6.3 Actionable Recommendations¶

  1. Invest in Tech Support and Online Security adoption. These two add-ons have the largest impact on extending customer lifetime. Consider bundling them at signup or offering free trials to new customers.

  2. Target the first 6 months for retention interventions. With survival probability dropping to 69% by month 6, proactive outreach (e.g., satisfaction surveys, personalized offers) during this window could prevent the majority of churn events.

  3. Promote automatic payment enrollment.
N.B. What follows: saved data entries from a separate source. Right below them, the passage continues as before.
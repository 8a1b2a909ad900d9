//! What a command line says.

use thiserror::Error;

/// What the words of a command line ask for.
#[derive(Debug, Drop)]
pub struct Options {
    /// How many workers the crew of a bulk verb has, from 1 to 16.
    pub workers: u32,
    /// The crew's pieces are cut until they have at most this many pairs, from 1 to 65,536.
    pub grain: u64,
    /// A journal is to be audited in place of a script to be run.
    pub audit: bool,
    /// The file for the journal of the run, if one is wanted.
    pub journal: Option<String>,
    /// The script to run, or the journal to audit; none is standard input.
    pub file: Option<String>,
}

/// Why the words of a command line give no options. It shows as the text that is printed for it.
#[derive(Debug, Drop, Error)]
pub enum ArgFault {
    /// Help or the version was asked for: its text, for standard output.
    #[error("{0}")]
    Help(String),
    /// The words were refused: the text that says why, for standard error.
    #[error("{0}")]
    Parser(String),
    /// A word is no text. The program finds this before it has words to read.
    #[error("error: invalid UTF-8 was detected in one or more arguments\n\nUsage: trierun [OPTIONS] [FILE]\n\nFor more information, try '--help'.\n")]
    NotText,
    /// An audit runs no script, so it has no journal to write. The text stands behind the program's name.
    #[error("--audit takes no --journal")]
    AuditJournal,
    /// Memory was refused. The text stands behind the program's name.
    #[error("out of memory")]
    Memory,
}
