//! What one thread sees of a map while another writes it: what was there at one moment.
use super::{Map, empty, key, put};
use std::process::Abort;
use std::sync::Wait;
use std::sync::atomic::{AtomicU32, Ordering};
use std::thread;
use std::thread::Threads;
use std::time::{Clock, Duration};
use test_keys::ChosenKey;
use trie_map::{NoMemory, PutError};

// How often the writer writes. The reader looks until the writer is done.
const TURNS: u32 = 5_000;

// How many hundredths of a second the two may take.
const PATIENCE: u32 = 3_000;

// What the writer does in each turn. Its keys lie in stripes far from one another.
#[derive(Clone, Copy, Debug)]
enum Writes {
    // Moves the only pair to the other key: removes it there, and puts it here.
    RemovedFirst,
    // Moves it, and removes it once it is put.
    PutFirst,
    // Puts the first key, and the second, and clears the map.
    Cleared,
    // Takes views, which take all locks as `len` does.
    Viewed,
}

fn remove_and_put<R: Wait>(
    rt: &R,
    map: &Map,
    from: &ChosenKey,
    to: ChosenKey,
) -> Result<(), PutError> {
    map.remove(rt, from)?;
    map.put(rt, to, 1)?;
    Ok(())
}

fn put_and_remove<R: Wait>(
    rt: &R,
    map: &Map,
    from: &ChosenKey,
    to: ChosenKey,
) -> Result<(), PutError> {
    map.put(rt, to, 1)?;
    map.remove(rt, from)?;
    Ok(())
}

fn put_and_clear<R: Wait>(
    rt: &R,
    map: &Map,
    first: ChosenKey,
    second: ChosenKey,
) -> Result<(), PutError> {
    map.put(rt, first, 1)?;
    map.put(rt, second, 2)?;
    map.clear(rt)?;
    Ok(())
}

// One turn of the writer, there and back.
fn write_and_undo<R: Wait>(
    rt: &R,
    map: &Map,
    writes: Writes,
    first: ChosenKey,
    second: ChosenKey,
) -> Result<(), PutError> {
    match writes {
        Writes::RemovedFirst => {
            remove_and_put(rt, map, &first, second)?;
            remove_and_put(rt, map, &second, first)
        }
        Writes::PutFirst => {
            put_and_remove(rt, map, &first, second)?;
            put_and_remove(rt, map, &second, first)
        }
        Writes::Cleared => put_and_clear(rt, map, first, second),
        Writes::Viewed => {
            map.view(rt)?;
            Ok(())
        }
    }
}

// All turns of the writer.
fn write<R: Wait>(
    rt: &R,
    map: &Map,
    writes: Writes,
    first: ChosenKey,
    second: ChosenKey,
) -> Result<(), PutError> {
    for _ in 0..TURNS {
        write_and_undo(rt, map, writes, first, second)?;
    }
    Ok(())
}

// Whether a view has the second key without the first.
fn has_second_alone<R: Wait>(
    rt: &R,
    map: &Map,
    first: &ChosenKey,
    second: &ChosenKey,
) -> Result<bool, NoMemory> {
    let view = map.view(rt)?;
    Ok(view.contains_key(second) && !view.contains_key(first))
}

// Whether what is seen now was there at no moment.
fn is_wrong<R: Wait>(
    rt: &R,
    map: &Map,
    writes: Writes,
    first: &ChosenKey,
    second: &ChosenKey,
) -> Result<bool, NoMemory> {
    match writes {
        Writes::RemovedFirst => Ok(1 < map.len(rt)),
        Writes::PutFirst => Ok(map.is_empty(rt)),
        Writes::Cleared => has_second_alone(rt, map, first, second),
        Writes::Viewed => Ok(map.len(rt) != 1),
    }
}

// Looks until the writer is done, and returns how often what was seen was wrong.
fn look<R: Wait>(
    rt: &R,
    map: &Map,
    writes: Writes,
    first: &ChosenKey,
    second: &ChosenKey,
    done: &AtomicU32,
) -> Result<u32, PutError> {
    let mut wrong = 0u32;
    for _ in rt.forever() {
        if is_wrong(rt, map, writes, first, second)? {
            wrong = wrong.wrapping_add(1);
        }
        if done.load(Ordering::SeqCst) != 0 {
            return Ok(wrong);
        }
    }
    unreachable!()
}

// Fails where the two are not done in time: they wait for one another.
fn watch<R: Clock + Abort>(rt: &R, done: &AtomicU32) {
    for _ in 0..PATIENCE {
        if done.load(Ordering::SeqCst) != 0 {
            return;
        }
        thread::sleep(rt, Duration::from_millis(10));
    }
    assert!(rt; false, "the threads wait for one another");
}

// What the thread of this number does: it returns how often what it saw was wrong.
fn work<R: Wait + Clock + Abort>(
    rt: &R,
    map: &Map,
    writes: Writes,
    keys: (ChosenKey, ChosenKey),
    done: &AtomicU32,
    number: usize,
) -> Result<u32, PutError> {
    if number == 0 {
        let written = write(rt, map, writes, keys.0, keys.1);
        done.store(1, Ordering::SeqCst);
        written?;
        return Ok(0);
    }
    if number == 1 {
        return look(rt, map, writes, &keys.0, &keys.1, done);
    }
    watch(rt, done);
    Ok(0)
}

// How often what was seen beside the writer was wrong.
fn wrong_looks<R: AllocGlobal + Threads + Wait + Clock + Abort + Sync>(
    rt: &R,
    map: &Map,
    writes: Writes,
    keys: (ChosenKey, ChosenKey),
) -> u32 {
    let flag = AtomicU32::new(0);
    let done = &flag;
    let mut wrong = 0u32;
    let all = thread::map_indices(
        rt,
        rt.alloc(),
        3,
        &|number: usize| { work(rt, map, writes, keys, done, number) },
    );
    for looks in all.expect(rt, "no threads") {
        wrong = wrong.wrapping_add(looks.expect(rt, "a call was refused"));
    }
    wrong
}

#[test]
fn what_is_seen_was_there_at_one_moment(rt: HostRuntime) {
    let (low, high) = (key(2, 0), key(29, 0));
    for writes in [
        Writes::RemovedFirst,
        Writes::PutFirst,
        Writes::Cleared,
        Writes::Viewed,
    ] {
        for (first, second) in [(low, high), (high, low)] {
            let map = empty(&rt);
            put(&rt, &map, first, 1);
            let wrong = wrong_looks(&rt, &map, writes, (first, second));
            assert_eq!(rt; wrong, 0, "{writes:?} {first:?}");
        }
    }
}
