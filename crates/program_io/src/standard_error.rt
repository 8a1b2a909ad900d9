//! Standard error as a writer.

use std::io;
use std::io::Write;
use std::rt::Runtime;

/// Standard error as a writer of text, which keeps nothing back.
#[derive(Drop)]
pub struct StandardError<'a, R>(pub &'a R);

impl<R: Runtime> Write for StandardError<'_, R> {
    fn write(&mut self, bytes: &[u8]) -> io::Result<usize> {
        match str::from_utf8(bytes) {
            Ok(text) => {
                self.0.eprint(text)?;
                Ok(bytes.len())
            }
            Err(_) => Err(io::Error::from(io::ErrorKind::InvalidData)),
        }
    }

    fn flush(&mut self) -> io::Result<()> {
        Ok(())
    }
}
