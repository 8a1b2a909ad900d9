//! The words of the process.

ghost use Rattle.std.specs.Prelude.{IfOk};
ghost use Rattle.program_io.specs.CommandLine.{AreInRange};

use crate::arguments::{ArgFault, Options};
use crate::parsing::options;
use std::alloc::AllocError;
use std::rt::Runtime;
use std::{env, io};

/// The options that the words after the program's name give.
///
/// # Errors
///
/// A word is no text, or memory was refused; or [`options`] gives none.
pub fn given_options<R: Runtime + AllocGlobal>(rt: &R) -> Result<Options, ArgFault>
    ensures { IfOk result (λ options. AreInRange options.workers options.grain) }
{
    let arguments = arguments(rt)?;
    let words: Result<Vec<&str>, AllocError> = arguments
        .iter()
        .skip(1)
        .map(|word| word.as_str())
        .collect(rt.alloc());
    match words {
        Ok(words) => options(rt.alloc(), words.as_slice()),
        Err(_) => Err(ArgFault::Memory),
    }
}

/// The words of the command line, the program's name first.
fn arguments<R: Runtime + AllocGlobal>(rt: &R) -> Result<Vec<String>, ArgFault> {
    let words = match env::args(rt) {
        Ok(words) => words,
        Err(error) => return Err(no_words(&error)),
    };
    match words.collect(rt.alloc()) {
        Ok(words) => Ok(words),
        Err(_) => Err(ArgFault::Memory),
    }
}

/// Why there are no words.
fn no_words(error: &io::Error) -> ArgFault {
    if error.kind() == io::ErrorKind::InvalidData {
        ArgFault::NotText
    } else {
        ArgFault::Memory
    }
}
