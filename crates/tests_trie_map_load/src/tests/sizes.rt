//! Maps of many pairs, and a stripe that is full.
use super::{Map, Seen, assert_is, empty, key, plain, view_of};
use std::alloc::Global;
use std::sync::Wait;
use test_keys::ChosenKey;
use trie_map::{MOST_PAIRS_OF_STRIPE, NoMemory, PutError};

// More pairs than numbers of 16 bits, twice over.
const MANY: u64 = 131_073;

// A key whose word is a number.
fn numbered(number: u64) -> ChosenKey {
    ChosenKey {
        path: number,
        id: 0,
    }
}

// A key whose word has the first digit 0, and a number behind it.
fn in_first_stripe(number: u64) -> ChosenKey {
    numbered(number.wrapping_mul(32))
}

// Puts many keys, and returns how many were there before.
fn put_many<R: Wait>(rt: &R, map: &Map) -> Result<u64, PutError> {
    let mut there = 0u64;
    for number in 0..MANY {
        if map.put(rt, numbered(number), number)?.is_some() {
            there = there.wrapping_add(1);
        }
    }
    Ok(there)
}

// How many of the keys have their number.
fn got<R: Wait>(rt: &R, map: &Map) -> Result<u64, NoMemory> {
    let mut right = 0u64;
    for number in 0..MANY {
        if plain(map.get(rt, &numbered(number))?) == Some(number) {
            right = right.wrapping_add(1);
        }
    }
    Ok(right)
}

// How many pairs the view says that it has, and how many a walk over it meets whose value is their key's number.
fn viewed(view: &Seen) -> (u64, u64) {
    let mut right = 0u64;
    for (key, value) in view.pairs() {
        if key.path == **value {
            right = right.wrapping_add(1);
        }
    }
    (view.len(), right)
}

// Removes the keys, and returns how many had their number.
fn removed<R: Wait>(rt: &R, map: &Map) -> Result<u64, NoMemory> {
    let mut right = 0u64;
    for number in 0..MANY {
        if plain(map.remove(rt, &numbered(number))?) == Some(number) {
            right = right.wrapping_add(1);
        }
    }
    Ok(right)
}

#[test]
fn many_pairs(rt: HostRuntime) {
    let map = empty(&rt);
    assert_is(&rt, put_many(&rt, &map), Ok(0));
    assert_is(&rt, got(&rt, &map), Ok(MANY));
    assert_is(&rt, viewed(&view_of(&rt, &map)), (MANY, MANY));
    assert_is(&rt, map.len(&rt), MANY);
    assert_is(&rt, removed(&rt, &map), Ok(MANY));
    assert_is(&rt, map.is_empty(&rt), true);
}

// Puts as many keys of the first digit 0 as a stripe may have.
fn fill<R: Wait>(rt: &R, map: &Map) -> Result<(), PutError> {
    for number in 0..MOST_PAIRS_OF_STRIPE {
        map.put(rt, in_first_stripe(number), number)?;
    }
    Ok(())
}

// What writes by a closure of a key that is new to the full stripe are answered. Where no value is made there is nothing
// to refuse.
fn made_of_new<R: Wait>(rt: &R, map: &Map) -> [bool; 5] {
    let new = in_first_stripe(MOST_PAIRS_OF_STRIPE);
    [
        map.update(rt, new, |_| Some(1))
            .is_err_and(|e| e == PutError::Full),
        map.update_with(rt, new, |_| (Some(1), 2))
            .is_err_and(|e| e == PutError::Full),
        map.try_update(rt, new, |_| -> Result<Option<u64>, u32> { Ok(Some(1)) })
            .is_err_and(|e| e == PutError::Full),
        map.update(rt, new, |_| None)
            .is_ok_and(|before| before.is_none()),
        map.update_with(rt, new, |_| (None, 2))
            .is_ok_and(|n| n == 2),
    ]
}

// What calls on a key that is new to the full stripe are answered.
fn of_new<R: Wait>(rt: &R, map: &Map) -> [bool; 9] {
    let new = in_first_stripe(MOST_PAIRS_OF_STRIPE);
    [
        map.put(rt, new, 1).is_err_and(|e| e == PutError::Full),
        map.put_if_absent(rt, new, 1)
            .is_err_and(|e| e == PutError::Full),
        map.get_or_else_update(rt, new, || 1)
            .is_err_and(|e| e == PutError::Full),
        map.try_get_or_else_update(rt, new, || -> Result<u64, u32> { Ok(1) })
            .is_err_and(|e| e == PutError::Full),
        map.replace(rt, new, 1).is_ok_and(|found| found.is_none()),
        map.replace_if(rt, new, &1, 2).is_ok_and(|done| !done),
        map.remove(rt, &new).is_ok_and(|found| found.is_none()),
        map.get(rt, &new).is_ok_and(|found| found.is_none()),
        !map.contains_key(rt, &new),
    ]
}

// What calls on a key of the full stripe are answered, whose value is 5.
fn of_old<R: Wait>(rt: &R, map: &Map) -> Result<[u64; 6], PutError> {
    let old = in_first_stripe(5);
    Ok([
        plain(map.get(rt, &old)?).unwrap_or(0),
        plain(map.put(rt, old, 6)?).unwrap_or(0),
        plain(map.put_if_absent(rt, old, 1)?).unwrap_or(0),
        plain(map.replace(rt, old, 7)?).unwrap_or(0),
        u64::from(map.replace_if(rt, old, &7, 8)?),
        *map.get_or_else_update(rt, old, || 1)?,
    ])
}

// What writes by a closure of a key of the full stripe are answered, whose value is 8.
fn made_of_old<R: Wait>(rt: &R, map: &Map) -> Result<[u64; 3], PutError> {
    let old = in_first_stripe(5);
    let tried = map.try_update(rt, old, |_| -> Result<Option<u64>, u32> { Ok(Some(10)) })?;
    Ok([
        tried.map_or(0, |before| plain(before).unwrap_or(0)),
        plain(map.update(rt, old, |_| Some(11))?).unwrap_or(0),
        map.update_with(rt, old, |was| (Some(12), was.map_or(0, |n| *n)))?,
    ])
}

// Puts a key of another stripe, one that is new to the full stripe, and one more, which is not reached.
fn extended<R: Wait>(rt: &R, alloc: Global, map: &Map) -> Result<(), PutError> {
    let mut pairs = Vec::new(alloc);
    pairs.push((key(1, 0), 1))?;
    pairs.push((in_first_stripe(MOST_PAIRS_OF_STRIPE), 2))?;
    pairs.push((key(2, 0), 3))?;
    map.extend(rt, pairs)
}

// Why a list is refused that puts a key of the full stripe, one that is new to it and one of another stripe, and how many
// of them were put and are given back.
fn listed<R: Wait>(
    rt: &R,
    alloc: Global,
    map: &Map,
) -> Result<Option<(PutError, [usize; 2])>, PutError> {
    let mut pairs = Vec::new(alloc);
    pairs.push((in_first_stripe(5), 13))?;
    pairs.push((in_first_stripe(MOST_PAIRS_OF_STRIPE), 2))?;
    pairs.push((key(2, 0), 3))?;
    match map.put_many(rt, pairs) {
        Ok(_) => Ok(None),
        Err(refused) => Ok(Some((refused.error, [refused.put.len(), refused.rest.len()]))),
    }
}

// Removes a key of the full stripe, and puts one that is new to it: what each is answered.
fn made_room<R: Wait>(rt: &R, map: &Map) -> Result<[Option<u64>; 2], PutError> {
    Ok([
        plain(map.remove(rt, &in_first_stripe(9))?),
        plain(map.put(rt, in_first_stripe(MOST_PAIRS_OF_STRIPE), 9)?),
    ])
}

#[test]
fn a_full_stripe(rt: HostRuntime) {
    let map = empty(&rt);
    assert_is(&rt, fill(&rt, &map), Ok(()));
    assert_is(&rt, of_new(&rt, &map), [true; 9]);
    assert_is(&rt, of_old(&rt, &map), Ok([5, 5, 6, 6, 1, 8]));
    assert_is(&rt, made_of_new(&rt, &map), [true; 5]);
    assert_is(&rt, made_of_old(&rt, &map), Ok([8, 10, 11]));
    let extension = extended(&rt, rt.alloc(), &map);
    assert_is(&rt, extension, Err(PutError::Full));
    let list = listed(&rt, rt.alloc(), &map);
    assert_is(&rt, list, Ok(Some((PutError::Full, [1, 2]))));
    assert_is(&rt, map.contains_key(&rt, &key(1, 0)), true);
    assert_is(&rt, map.contains_key(&rt, &key(2, 0)), false);
    assert_is(&rt, made_room(&rt, &map), Ok([Some(9), None]));
    assert_is(&rt, map.len(&rt), MOST_PAIRS_OF_STRIPE + 1);
}
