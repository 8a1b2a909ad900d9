//! The grammar of the command line.

ghost use Rattle.std.specs.Prelude.{◌≡◌, IfOk, false};
ghost use Rattle.clap.specs.Words.{app_of, rule_of};
ghost use Rattle.program_io.specs.CommandLine.{audit_rule, command_line, file_rule, grain_rule, journal_rule, workers_rule};

use clap::{Arg, ArgAction, Command, value_parser};
use std::alloc::{AllocError, Global};

/// The version of the program, which `--version` shows.
const VERSION: &str = "0.1.0";

/// How many workers a crew has, where the words do not say.
pub const DEFAULT_WORKERS: u32 = 4;

/// The grain of a crew, where the words do not say.
pub const DEFAULT_GRAIN: u32 = 1024;

/// The grammar of the command line.
pub fn grammar<'a>(alloc: Global) -> Result<Command<'a>, AllocError>
    ensures { IfOk result (λ command. app_of command ≡ command_line) }
{
    Command::new(alloc, "trierun")
        .version(VERSION)
        .about("Runs a script of clients on a table of maps, and prints the reply to each line")
        .arg(workers(alloc))?
        .arg(grain(alloc))?
        .arg(journal(alloc))?
        .arg(audit(alloc))?
        .arg(file(alloc))
}

/// How many workers a crew has.
fn workers<'a>(alloc: Global) -> Arg<'a>
    ensures rule { rule_of result ≡ workers_rule }
    ensures local { result.global ≡ false }
{
    Arg::new(alloc, "workers")
        .long("workers")
        .value_name("N")
        .value_parser(value_parser!(u32).range(1..=16))
        .default_value("4")
        .help("How many threads work a bulk verb, from 1 to 16")
}

/// How many pairs a piece of a crew's has at most.
fn grain<'a>(alloc: Global) -> Arg<'a>
    ensures rule { rule_of result ≡ grain_rule }
    ensures local { result.global ≡ false }
{
    Arg::new(alloc, "grain")
        .long("grain")
        .value_name("N")
        .value_parser(value_parser!(u32).range(1..=65_536))
        .default_value("1024")
        .help("How many pairs a thread takes at once, from 1 to 65536; 1 is slow on large maps")
}

/// The file for the journal.
fn journal<'a>(alloc: Global) -> Arg<'a>
    ensures rule { rule_of result ≡ journal_rule }
    ensures local { result.global ≡ false }
{
    Arg::new(alloc, "journal")
        .long("journal")
        .value_name("FILE")
        .help("Writes the journal of the run to this file, when the replies are printed")
}

/// Whether a journal is audited.
fn audit<'a>(alloc: Global) -> Arg<'a>
    ensures rule { rule_of result ≡ audit_rule }
    ensures local { result.global ≡ false }
{
    Arg::new(alloc, "audit")
        .long("audit")
        .action(ArgAction::SetTrue)
        .help("Reads a journal in place of a script, and prints whether it is legal")
}

/// The file that is read.
fn file<'a>(alloc: Global) -> Arg<'a>
    ensures rule { rule_of result ≡ file_rule }
    ensures local { result.global ≡ false }
{
    Arg::new(alloc, "file").value_name("FILE").help(
        "The script to run, or the journal to audit; without it, or for -, standard input is read",
    )
}
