//! Why the program failed, as it is printed, and the status that it ends with.

ghost use Rattle.std.specs.Prelude.{◌≡◌};
ghost use Rattle.program_io.specs.Faults.{IsShownBy};

use crate::arguments::ArgFault;
use std::fmt::Display;
use std::io;
use std::io::Write;
use thiserror::Error;

/// The status where all is done.
pub const DONE: u8 = 0;

/// The status where memory, the output or a file failed.
pub const FAILED: u8 = 1;

/// The status where the command line or the script was refused.
pub const REFUSED: u8 = 2;

/// Why a run failed.
#[derive(Debug, Drop, Error)]
pub enum RunFault {
    /// Memory was refused. No reply was written.
    #[error("out of memory")]
    Memory,
    /// The writer failed. Some of the replies may have been written.
    #[error("cannot write output")]
    Write,
}

/// Writes the help or the version to `out` where one was asked for, and else why the words give no options to `err`, if
/// that takes it; and gives the status of the program.
pub fn shown<W: Write, E: Write>(fault: &ArgFault, out: &mut W, err: &mut E) -> u8
    ensures { IsShownBy fault.now result (W.contents out.old) (W.contents out.new) }
{
    match fault {
        ArgFault::Help(text) => match out.write_all(text.as_bytes()) {
            Ok(()) => DONE,
            Err(_) => failed(err, &RunFault::Write),
        },
        ArgFault::Parser(_) | ArgFault::NotText => {
            let _ = write!(err, "{fault}");
            REFUSED
        }
        ArgFault::AuditJournal => refused(err, fault),
        ArgFault::Memory => failed(err, fault),
    }
}

/// Writes why the program failed, behind its name, and gives the status. Where standard error fails there is nowhere to
/// say so.
pub fn failed<E: Write, D: Display>(err: &mut E, reason: &D) -> u8
    ensures { result ≡ 1 }
{
    let _ = writeln!(err, "trierun: {reason}");
    FAILED
}

/// Writes why the program failed, and on a line of its own what the system says of it; and gives the status.
pub(crate) fn failed_by<E: Write, D: Display>(err: &mut E, reason: &D, error: &io::Error) -> u8
    ensures { result ≡ 1 }
{
    let _ = writeln!(err, "trierun: {reason}\ntrierun: {error}");
    FAILED
}

/// Writes why the program does not begin, behind its name, and gives the status.
pub(crate) fn refused<E: Write, D: Display>(err: &mut E, reason: &D) -> u8
    ensures { result ≡ 2 }
{
    let _ = writeln!(err, "trierun: {reason}");
    REFUSED
}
Customers on auto-pay (bank transfer or credit card) survive 2× longer. Incentivize auto-pay signup during onboarding.

  4. Investigate Fiber Optic churn drivers. The higher churn rate among Fiber Optic customers warrants qualitative research. Possible factors include service quality issues, price sensitivity, or competitor poaching.

  5. Use AFT-based CLV to set CAC budgets. The $236.78 (12-month) and $385.96 (24-month) thresholds provide data-driven ceilings for customer acquisition spending. Profiles with protective features (e.g., Online Security + Tech Support) would have higher CLV, justifying proportionally higher CAC.

  6. Consider time-varying Cox models or stratified models if the Cox PH framework is required (e.g., for regulatory reasons). Stratifying on internetService_DSL, onlineBackup_Yes, and techSupport_Yes would address the PH violations.